Prove $$[(p→q) \wedge (qr→s)]\to [pr→s],$$ which is the same as $$[(\lnot p\lor q) \wedge (\lnot (qr) \lor s)]\to [\lnot (pr) \lor s]$$
I believe it can just be done with algebra rules, but I got stuck at the end.
And this is not a programming question.
Thanks.
On
If it's proof by resolution you need, rewrite the premises to $\neg p\vee q$ and $\neg q\vee\neg r\vee s$, then apply resolution on $q$: $$\begin{array}{ccc} \neg p\vee q & & \neg q\vee\neg r\vee s \\ \hline & \neg p \vee \neg r \vee s \end{array}$$ Then rewrite that conclusion to $p\wedge r\to s$.
We do not have $(\overline{p}\lor q)\wedge (\overline{q\wedge r}\lor s)\equiv \overline{p\wedge r}\lor s$. $\,\text{RHS}\equiv \overline{p}\lor \overline{r}\lor s$.

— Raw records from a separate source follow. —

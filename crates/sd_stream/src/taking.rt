//! The head of a record, taken.
ghost use Rattle.std.specs.Prelude.{◌≡◌, ℕ, IfErr, IfOk};
ghost use Rattle.sd_stream.specs.Reading.{IsRefused, Takes};

use crate::item::Item;
use crate::records::{ACKNOWLEDGED, END, IMAGE, is_file_length};
use crate::stream_error::StreamError;
use crate::tally::Tally;

/// Takes the head of a record, after which nothing is left of an image.
pub(crate) fn take_record(tally: &mut Tally, kind: u64, value: u64) -> Result<Item, StreamError>
    requires { tally.old.left ≡ 0 }
    ensures taken { IfOk result (Takes tally.old tally.new kind value) }
    ensures refused { IfErr result (IsRefused tally.old kind value) }
{
    match kind {
        IMAGE => take_image(tally, value),
        ACKNOWLEDGED => take_acknowledged(tally, value),
        END => take_end(tally, value),
        _ => Err(StreamError::UnknownKind(kind)),
    }
}

/// Takes the head of an image.
fn take_image(tally: &mut Tally, len: u64) -> Result<Item, StreamError>
    requires { tally.old.left ≡ 0 }
    ensures taken { IfOk result (Takes tally.old tally.new 1 len) }
    ensures refused { IfErr result (IsRefused tally.old 1 len) }
{
    if !is_file_length(len) {
        return Err(StreamError::Length(len));
    }
    tally.image(len);
    Ok(Item::Image(len))
}

/// Takes the number of a checkpoint.
fn take_acknowledged(tally: &mut Tally, number: u64) -> Result<Item, StreamError>
    requires { tally.old.left ≡ 0 }
    ensures taken { IfOk result (Takes tally.old tally.new 2 number) }
    ensures refused { IfErr result (IsRefused tally.old 2 number) }
{
    if !tally.waiting {
        return Err(StreamError::WithoutImages(number));
    }
    if number <= tally.last {
        return Err(StreamError::NotAbove(number));
    }
    tally.acknowledged(number);
    Ok(Item::Acknowledged(number))
}

/// Takes the record of the end.
fn take_end(tally: &Tally, value: u64) -> Result<Item, StreamError>
    ensures taken { IfOk result (Takes tally.now tally.now 3 value) }
    ensures refused { IfErr result (IsRefused tally.now 3 value) }
{
    if tally.waiting {
        return Err(StreamError::ImagesLeft);
    }
    if value != 0 {
        return Err(StreamError::EndValue(value));
    }
    Ok(Item::End)
}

Assume $s$. Then $\text{RHS}$ is true, but $\text{LHS}\equiv \overline{p}\lor q$, which is not necessarily true.
But we do have $(\overline{p}\lor q)\wedge (\overline{q\wedge r}\lor s)\to\overline{p}\lor \overline{r}\lor s$. I assume that's what you wanted to say - please be more clear next time.
$$\overline{p}\lor \overline{r}\lor s\lor \overline{(\overline{p}\lor q)\wedge (\overline{q\wedge r}\lor s)}$$
$$\stackrel{\text{DeMorg}}\equiv \overline{p}\lor \overline{r}\lor s\lor (p\wedge\overline{q})\lor (q\wedge r\wedge \overline{s})$$
$$\stackrel{\text{Distr}}\equiv p\lor \overline{q}\lor \overline{r}\lor s\lor (q\wedge r\wedge \overline{s})$$
$$\stackrel{\text{Distr}}\equiv p\lor \overline{q}\lor \overline{r}\lor [(s\lor (q\wedge r))\wedge (s\lor \overline{s})]$$
$$\equiv p\lor \overline{q}\lor \overline{r}\lor s\lor (q\wedge r)$$
$$\stackrel{\text{Distr}}\equiv p\lor \overline{r}\lor s\lor \overline{q}\lor r\equiv T\lor p\lor s\lor \overline{q}\equiv T$$
Or simply by observation:
We must have $(\overline{p}\lor q)$. If $\overline{p}$, we're done. Otherwise $q\wedge(\overline{q\wedge r}\lor s)$, which is
$$q\wedge (\overline{q}\lor \overline{r}\lor s)\stackrel{\text{Distr}}\equiv (q\wedge\overline{q})\lor (q\wedge (\overline{r}\lor s))\equiv q\wedge (\overline{r}\lor s),$$
so we must have $\overline{r}\lor s$. If $\overline{r}$, we're done. If $s$, we're done. Or do it like Berci said in the comments.